* Provided data *

※

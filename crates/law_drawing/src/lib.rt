//! Laws of `hp_abstract` and `hp_circuit`: the circuit of a node carries its values, reads what it reads, is a circuit and has no circle; and the machine of the circuit mirrors the node, so its game is that of the contract. Used by `law_decided`, `law_choices`.
#![tactic(auto)]

pub mod carried;
pub mod carrying;
pub mod drawable;
pub mod early;
pub mod form;
pub mod inshape;
pub mod mirroring;
pub mod mirrors;
pub mod no_circle;
pub mod reached;
pub mod steered;
pub mod uncalled;
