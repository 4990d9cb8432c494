//! Laws: the game of a contract in a ready program is the game on a Boolean machine that mirrors its node.
//!
//! The functions here do nothing: each is a law, which its contract states.
#![tactic(auto)]

ghost use Rattle.law_games.specs.ReadyGames.Laws.{ReadyContractsLaw, ReadyFilledGameLaw, ReadyFilledSafeLaw, ReadyFittingGameLaw, ReadyFittingSafeLaw, ReadyHistoryLaw, ReadyNilLaw, ReadySettledLaw, ReadyShapeLaw, StandsLaw, TextConditionsLaw, TextOrderLaw};

/// No contract of a ready program holds a call, where strong conditions are plain, as in the program of every text.
pub fn contracts_call_nothing()
    ensures text { TextConditionsLaw }
    ensures ready { ReadyContractsLaw }
{}

/// The program of a text that is judged, arranged and ordered is a ready one with ranks, and each node of a program stands behind others.
pub fn programs_of_texts_are_in_order()
    ensures order { TextOrderLaw }
    ensures stands { StandsLaw }
{}

/// Each node of a ready program has what the game on its memories asks: it is settled, and what its registers hold at first is in shape.
pub fn ready_nodes_are_settled()
    ensures settled { ReadySettledLaw }
    ensures shape { ReadyShapeLaw }
{}

/// Where a machine mirrors such a node, what is forced at first on histories without Nil is forced on the machine, and so for what is safe.
pub fn filled_games_are_kept()
    ensures forced { ReadyFilledGameLaw }
    ensures safe { ReadyFilledSafeLaw }
{}

/// And so for the game on the node's abstraction, Nil and all, where each given value is of its type: Nil does not bear.
pub fn fitting_games_are_kept()
    ensures nil { ReadyNilLaw }
    ensures forced { ReadyFittingGameLaw }
    ensures safe { ReadyFittingSafeLaw }
    ensures later { ReadyHistoryLaw }
{}
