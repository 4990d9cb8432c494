//! The wires of accepted programs: their values are of the types of the program, so registers stay in shape.
//!
//! The functions here do nothing: each is a law, which its contract states.
#![tactic(auto)]

ghost use Rattle.law_games.specs.Wiretyped.Fitting.{ChoiceLaw, InputsLaw, OutputsLaw};
ghost use Rattle.law_games.specs.Wiretyped.Laws.{MemoryLaw, ShapeLaw, SoundLaw, StartLaw, TypedLaw, WiringLaw};

/// Circuits keep types: where registers are in shape, inputs and given values fit and all wires are typed, so is what the circuits give of them. Typed wires are sound, and the next memory is in shape, as the one before the first instant is. So typed wires that solve the circuits after a history are its wires, and the memory that the longer history leaves is in shape. It is the memory of contracts, where each node is found in the program as it is found behind the node.
pub fn wires_are_typed()
    ensures circuits { TypedLaw }
    ensures sound { SoundLaw }
    ensures shape { ShapeLaw }
    ensures start { StartLaw }
    ensures wiring { WiringLaw }
    ensures memory { MemoryLaw }
{}

/// What the game of a contract is played with fits: inputs of the abstraction, the values of a choice, and what is given for the outputs of calls.
pub fn games_fit_wires()
    ensures inputs { InputsLaw }
    ensures choice { ChoiceLaw }
    ensures outputs { OutputsLaw }
{}
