//! The circuit that is drawn of a node has what the mirror asks of it, as far as that is shown: its slots, what registers hold at first, and which free places are early.
//!
//! The functions here do nothing: each is a law, which its contract states.
#![tactic(auto)]

ghost use Rattle.law_drawing.specs.Carried.Early.{EarlyLaw};
ghost use Rattle.law_drawing.specs.Carried.Laws.{NodeSlotsLaw};

/// In a judged program the circuit that is drawn of a node has the node's slots, in order, and its registers begin as memory does.
pub fn nodes_have_their_slots()
    ensures { NodeSlotsLaw }
{}

/// Where each free slot of that circuit is early exactly where its place is, the places that the circuit has early are the node's early places.
pub fn early_places_are_told()
    ensures { EarlyLaw }
{}
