//! What programs give on a row of a sheet: the values of trees, guards, and conditional programs.
//!
//! The meaning of programs is that of Gulwani, "Automating String Processing in Spreadsheets using Input-Output
//! Examples" (POPL 2011), section 3, and of lookups that of Singh and Gulwani, "Learning Semantic String
//! Transformations from Examples" (PVLDB 5(8), 2012), section 4.
#![tactic(auto)]

mod guard;
mod lookup;
mod piece;
mod value;

pub use guard::{
    guard_holds, guard_reads_inputs, literal_holds, switch_reads_inputs, switch_value,
};
pub use lookup::{found_row, input_cell, table_cell};
pub use piece::Piece;
pub use value::{atom_value, program_value, source_value};
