//! The values of trees on a row.
//!
//! The text of a source is lent by the sheet or the tables, and that of an atom is a piece of it or of the tree's
//! constant: only an answer is copied. So the time is linear in the tree and in the texts that its places are found in;
//! a lookup halves the rows of its table.
ghost use Rattle.std.specs.Prelude.{◌≤◌, ◌<◌, ℕ, List, Some, IfOk, IfSome, IfNone, length, map, option_copied, option_map};
ghost use Rattle.fill_tree.specs.Tree.{atoms_of};
ghost use Rattle.fill_tree.specs.Meaning.{atom_tree, program_tree, select_tree, source_tree};
ghost use Rattle.fill_tree.specs.Value.{AtomIs, ConditionIs, ConditionsAre, IsValue, ProgramIs, SourceIs};
ghost use Rattle.fill_eval.specs.Piece.{IsWithin, piece_text};

use crate::lookup::{found_row, has_key, input_cell, table_cell};
use crate::piece::Piece;
use arrayvec::ArrayVec;
use fill_sheet::Sheet;
use fill_tables::Tables;
use fill_text::{NoMemory, Text};
use fill_tree::{Atom, Program, Select, Source};
use std::alloc::Global;

/// How many columns a key can have.
const MOST_COLUMNS: usize = 3;

/// The source's text on the row, if it has one.
#[cycle(value)]
fn source_text<'a>(s: &Source, row: u32, sheet: &'a Sheet, tables: &'a Tables) -> Option<&'a Text>
    requires first { 1 ≤ row }
    requires last { row ≤ length sheet.now.rows }
    ensures { IsValue (SourceIs sheet.now tables.now row (source_tree s.now)) (option_copied result) }
{
    match s {
        Source::Col(column) => input_cell(row, *column, sheet),
        Source::Select(select) => select_text(select, row, sheet, tables),
    }
}

/// The text that the lookup finds, if it finds one.
#[cycle(value)]
fn select_text<'a>(s: &Select, row: u32, sheet: &'a Sheet, tables: &'a Tables) -> Option<&'a Text>
    requires first { 1 ≤ row }
    requires last { row ≤ length sheet.now.rows }
    ensures { IsValue (SourceIs sheet.now tables.now row (select_tree s.now)) (option_copied result) }
{
    if !has_key(s.table, s.key, tables) {
        return None;
    }
    let cells = condition_texts(s.conditions.as_slice(), row, sheet, tables)?;
    let found = found_row(s.table, s.key, cells.as_slice(), tables)?;
    table_cell(s.table, found, s.column, tables)
}

/// The conditions' texts on the row, if all have one and they are no more than a key can have columns.
#[cycle(value)]
fn condition_texts<'a>(
    conditions: &'a [Atom],
    row: u32,
    sheet: &'a Sheet,
    tables: &'a Tables,
) -> Option<ArrayVec<&'a [char], MOST_COLUMNS>>
    requires first { 1 ≤ row }
    requires last { row ≤ length sheet.now.rows }
    ensures some { IfSome result (λ cells. IsValue (ConditionsAre sheet.now tables.now row (atoms_of (map atom_tree conditions.now))) (Some (map (λ cell. cell.now) cells.items))) }
    ensures none { IfNone result ((texts : List (List ℕ)) → ConditionsAre sheet.now tables.now row (atoms_of (map atom_tree conditions.now)) texts → 3 < length texts) }
{
    let mut cells: ArrayVec<&[char], MOST_COLUMNS> = ArrayVec::new();
    for condition in conditions {
        let Some(piece) = condition_piece(condition, row, sheet, tables) else {
            return None;
        };
        if cells.is_full() {
            return None;
        }
        cells.push(piece.as_slice());
    }
    Some(cells)
}

/// The condition's text on the row, if it has one.
#[cycle(value)]
fn condition_piece<'a>(
    a: &'a Atom,
    row: u32,
    sheet: &'a Sheet,
    tables: &'a Tables,
) -> Option<Piece<'a>>
    requires first { 1 ≤ row }
    requires last { row ≤ length sheet.now.rows }
    ensures value { IsValue (ConditionIs sheet.now tables.now row (atom_tree a.now)) (option_map piece_text result) }
    ensures within { IfSome result IsWithin }
{
    match a {
        Atom::Const(text) => Some(Piece::whole(text)),
        Atom::Whole(source) => {
            let text = source_text(source, row, sheet, tables)?;
            Piece::whole(text).filled()
        }
        Atom::Sub(source, left, right) => {
            let text = source_text(source, row, sheet, tables)?;
            Piece::between(text, left, right)
        }
    }
}

/// The atom's text on the row, if it has one, which then has a character.
fn atom_piece<'a>(a: &'a Atom, row: u32, sheet: &'a Sheet, tables: &'a Tables) -> Option<Piece<'a>>
    requires first { 1 ≤ row }
    requires last { row ≤ length sheet.now.rows }
    ensures value { IsValue (AtomIs sheet.now tables.now row (atom_tree a.now)) (option_map piece_text result) }
    ensures within { IfSome result IsWithin }
{
    condition_piece(a, row, sheet, tables)?.filled()
}

/// The source's text on the row; none exactly where it has none.
pub fn source_value(
    alloc: Global,
    s: &Source,
    row: u32,
    sheet: &Sheet,
    tables: &Tables,
) -> Result<Option<Text>, NoMemory>
    requires first { 1 ≤ row }
    requires last { row ≤ length sheet.now.rows }
    ensures { IfOk result (IsValue (SourceIs sheet.now tables.now row (source_tree s.now))) }
{
    match source_text(s, row, sheet, tables) {
        Some(text) => Ok(Some(Piece::whole(text).copy(alloc)?)),
        None => Ok(None),
    }
}

/// The atom's text on the row; none exactly where it has none, as where the text would be empty.
pub fn atom_value(
    alloc: Global,
    a: &Atom,
    row: u32,
    sheet: &Sheet,
    tables: &Tables,
) -> Result<Option<Text>, NoMemory>
    requires first { 1 ≤ row }
    requires last { row ≤ length sheet.now.rows }
    ensures { IfOk result (IsValue (AtomIs sheet.now tables.now row (atom_tree a.now))) }
{
    match atom_piece(a, row, sheet, tables) {
        Some(piece) => Ok(Some(piece.copy(alloc)?)),
        None => Ok(None),
    }
}

/// The program's text on the row; none exactly where it has none, as where an atom has none.
pub fn program_value(
    alloc: Global,
    p: &Program,
    row: u32,
    sheet: &Sheet,
    tables: &Tables,
) -> Result<Option<Text>, NoMemory>
    requires first { 1 ≤ row }
    requires last { row ≤ length sheet.now.rows }
    ensures { IfOk result (IsValue (ProgramIs sheet.now tables.now row (program_tree p.now))) }
{
    let mut value = Text::new(alloc);
    for atom in p.atoms.as_slice() {
        let Some(piece) = atom_piece(atom, row, sheet, tables) else {
            return Ok(None);
        };
        value.append_piece(piece.text, piece.from, piece.to)?;
    }
    Ok(Some(value))
}
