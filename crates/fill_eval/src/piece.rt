//! Pieces of texts.
ghost use Rattle.std.specs.Prelude.{◌≡◌, ◌<◌, IfOk, IfSome, option_map};
ghost use Rattle.fill_tree.specs.Value.{IsFilled, IsPieceBetween, IsValue};
ghost use Rattle.fill_eval.specs.Piece.{IsWithin, piece_text};

use fill_text::{NoMemory, Text};
use fill_tokens::{Place, place_value};
use std::alloc::Global;

/// The characters of a text from `from` to `to`, that at `to` left out. The text is lent.
///
/// [`Piece::whole`] and [`Piece::between`] make pieces that lie within their texts.
#[derive(Clone, Copy)]
pub struct Piece<'a> {
    pub text: &'a Text,
    pub from: usize,
    pub to: usize,
}

impl<'a> Piece<'a> {
    /// The whole text.
    pub fn whole(text: &'a Text) -> Piece<'a>
        ensures value { piece_text result ≡ text.now }
        ensures within { IsWithin result }
    {
        Piece {
            text,
            from: 0,
            to: text.len(),
        }
    }

    /// The piece between two places of a text, if both have a value and the left one's is less than the right one's.
    pub fn between(text: &'a Text, left: &Place, right: &Place) -> Option<Piece<'a>>
        ensures value { IsValue (IsPieceBetween (λ t. t ≡ text.now) left.now right.now) (option_map piece_text result) }
        ensures within { IfSome result IsWithin }
    {
        let from = place_value(left, text)?;
        let to = place_value(right, text)?;
        if from < to {
            Some(Piece { text, from, to })
        } else {
            None
        }
    }

    /// The piece, if it has a character.
    pub fn filled(&self) -> Option<Piece<'a>>
        requires within { IsWithin self.now }
        ensures value { IsValue (IsFilled (λ t. t ≡ piece_text self.now)) (option_map piece_text result) }
        ensures within { IfSome result IsWithin }
    {
        if self.from < self.to {
            Some(*self)
        } else {
            None
        }
    }

    /// The characters.
    pub fn as_slice(&self) -> &'a [char]
        requires within { IsWithin self.now }
        ensures { result.now ≡ piece_text self.now }
    {
        &self.text.as_slice()[self.from..self.to]
    }

    /// A text of its own.
    pub fn copy(&self, alloc: Global) -> Result<Text, NoMemory>
        requires within { IsWithin self.now }
        ensures { IfOk result (λ text. text ≡ piece_text self.now) }
    {
        let mut copied = Text::new(alloc);
        copied.append_piece(self.text, self.from, self.to)?;
        Ok(copied)
    }
}
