//! Cells, and the rows that lookups find, by numbers that may be out of range.
ghost use Rattle.std.specs.Prelude.{◌≡◌, ◌≤◌, ℕ, true, false, MatchOption, None, length, map, option_copied};
ghost use Rattle.fill_text.specs.Data.{cell_at, key_at, table_cell_at};
ghost use Rattle.fill_tables.specs.Keys.{IsKeyedRow, KeysDistinguish};
ghost use Rattle.fill_tables.specs.Tables.{AreTables, key_count};

use fill_sheet::Sheet;
use fill_tables::Tables;
use fill_text::Text;
use fill_tree::is_input;

/// The cell of a row in a column, if that is an input. The text is lent by the sheet.
pub fn input_cell(row: u32, column: u32, sheet: &Sheet) -> Option<&Text>
    requires first { 1 ≤ row }
    requires last { row ≤ length sheet.now.rows }
    ensures { option_copied result ≡ cell_at sheet.now row column }
{
    if is_input(column, sheet) {
        Some(sheet.cell(row, column))
    } else {
        None
    }
}

/// The cell of a table, if the numbers are in range. The text is lent by the tables.
pub fn table_cell(table: u32, row: u32, column: u32, tables: &Tables) -> Option<&Text>
    ensures { option_copied result ≡ table_cell_at tables.now table row column }
{
    if table == 0 || table > tables.count() {
        return None;
    }
    if row == 0 || row > tables.rows(table) || column == 0 || column > tables.width(table) {
        return None;
    }
    Some(tables.cell(table, row, column))
}

/// Whether there is a key of these numbers.
pub(crate) fn has_key(table: u32, key: u32, tables: &Tables) -> bool
    ensures there { result ≡ true → (1 ≤ table) × (table ≤ length tables.now) × (1 ≤ key) × (key ≤ key_count tables.now table) }
    ensures absent { result ≡ false → key_at tables.now table key ≡ None }
    ensures shape { AreTables tables.now }
{
    let count = tables.count();
    if table == 0 || table > count {
        return false;
    }
    if key == 0 || key > tables.keys(table) {
        return false;
    }
    true
}

/// The row whose cells in the columns of the key are these texts, if there is such a key and such a row.
///
/// It halves the rows of the table.
pub fn found_row(table: u32, key: u32, cells: &[&[char]], tables: &Tables) -> Option<u32>
    ensures found { let texts = map (λ cell. cell.now) cells.now in
        MatchOption result ((row : ℕ) → ¬ (IsKeyedRow tables.now table key texts row)) (IsKeyedRow tables.now table key texts) }
    ensures one { KeysDistinguish tables.now }
{
    tables.keeps_keys();
    if !has_key(table, key, tables) {
        return None;
    }
    tables.find_slices(table, key, cells)
}
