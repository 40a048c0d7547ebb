//! Literals, guards and conditional programs on a row.
ghost use Rattle.std.specs.Prelude.{◌≤◌, ◌↔◌, IsTrue, IfOk, All, Contains, length};
ghost use Rattle.fill_tree.specs.Guard.{GuardHolds, LiteralHolds, ReadsInputs, SwitchIs, Takes};
ghost use Rattle.fill_tree.specs.Meaning.{program_tree};
ghost use Rattle.fill_tree.specs.Switch.{switch_tree};
ghost use Rattle.fill_tree.specs.Value.{IsValue};

use crate::value::program_value;
use fill_sheet::Sheet;
use fill_tables::Tables;
use fill_text::{NoMemory, Text};
use fill_tokens::match_count;
use fill_tree::{Guard, Literal, Program, Switch, is_input};
use std::alloc::Global;

/// Whether the literal holds on the row, in time linear in the cell.
pub fn literal_holds(l: &Literal, row: u32, sheet: &Sheet) -> bool
    requires first { 1 ≤ row }
    requires last { row ≤ length sheet.now.rows }
    requires input { Contains sheet.now.inputs l.now.column }
    ensures { IsTrue result ↔ LiteralHolds sheet.now row l.now }
{
    let has = match_count(&l.seq, sheet.cell(row, l.column)) >= l.least as usize;
    has != l.negated
}

/// Whether the guard holds on the row.
pub fn guard_holds(g: &Guard, row: u32, sheet: &Sheet) -> bool
    requires first { 1 ≤ row }
    requires last { row ≤ length sheet.now.rows }
    requires inputs { ReadsInputs sheet.now g.now }
    ensures { IsTrue result ↔ GuardHolds sheet.now row g.now }
{
    if !literal_holds(&g.first, row, sheet) {
        return false;
    }
    match &g.second {
        Some(second) => literal_holds(second, row, sheet),
        None => true,
    }
}

/// Whether the guard reads cells of input columns alone, as is asked where it is to be tested.
pub fn guard_reads_inputs(g: &Guard, sheet: &Sheet) -> bool
    ensures { IsTrue result ↔ ReadsInputs sheet.now g.now }
{
    if !is_input(g.first.column, sheet) {
        return false;
    }
    match &g.second {
        Some(second) => is_input(second.column, sheet),
        None => true,
    }
}

/// Whether all guards of the conditional program read cells of input columns alone.
pub fn switch_reads_inputs(s: &Switch, sheet: &Sheet) -> bool
    ensures { IsTrue result ↔ All (λ c. ReadsInputs sheet.now c.guard) s.now.cases }
{
    for case in s.cases.as_slice() {
        if !guard_reads_inputs(&case.guard, sheet) {
            return false;
        }
    }
    true
}

/// The program that the row takes.
fn taken<'s>(s: &'s Switch, row: u32, sheet: &Sheet) -> &'s Program
    requires first { 1 ≤ row }
    requires last { row ≤ length sheet.now.rows }
    requires inputs { All (λ c. ReadsInputs sheet.now c.guard) s.now.cases }
    ensures { Takes sheet.now row (switch_tree s.now) (program_tree result.now) }
{
    for case in s.cases.as_slice() {
        if guard_holds(&case.guard, row, sheet) {
            return &case.program;
        }
    }
    &s.last
}

/// The text on the row of the program that the row takes; none exactly where that has none.
pub fn switch_value(
    alloc: Global,
    s: &Switch,
    row: u32,
    sheet: &Sheet,
    tables: &Tables,
) -> Result<Option<Text>, NoMemory>
    requires first { 1 ≤ row }
    requires last { row ≤ length sheet.now.rows }
    requires inputs { All (λ c. ReadsInputs sheet.now c.guard) s.now.cases }
    ensures { IfOk result (IsValue (SwitchIs sheet.now tables.now row (switch_tree s.now))) }
{
    program_value(alloc, taken(s, row, sheet), row, sheet, tables)
}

※

* About this exercise *
Looking back over the data above, restate word for word the lines that begin at the line with "in the cell." and end at the line with "to be tested.", inclusive.

* Response area *
/// Whether the literal holds on the row, in time linear in the cell.
pub fn literal_holds(l: &Literal, row: u32, sheet: &Sheet) -> bool
    requires first { 1 ≤ row }
    requires last { row ≤ length sheet.now.rows }
    requires input { Contains sheet.now.inputs l.now.column }
    ensures { IsTrue result ↔ LiteralHolds sheet.now row l.now }
{
    let has = match_count(&l.seq, sheet.cell(row, l.column)) >= l.least as usize;
    has != l.negated
}

/// Whether the guard holds on the row.
pub fn guard_holds(g: &Guard, row: u32, sheet: &Sheet) -> bool
    requires first { 1 ≤ row }
    requires last { row ≤ length sheet.now.rows }
    requires inputs { ReadsInputs sheet.now g.now }
    ensures { IsTrue result ↔ GuardHolds sheet.now row g.now }
{
    if !literal_holds(&g.first, row, sheet) {
        return false;
    }
    match &g.second {
        Some(second) => literal_holds(second, row, sheet),
        None => true,
    }
}

/// Whether the guard reads cells of input columns alone, as is asked where it is to be tested.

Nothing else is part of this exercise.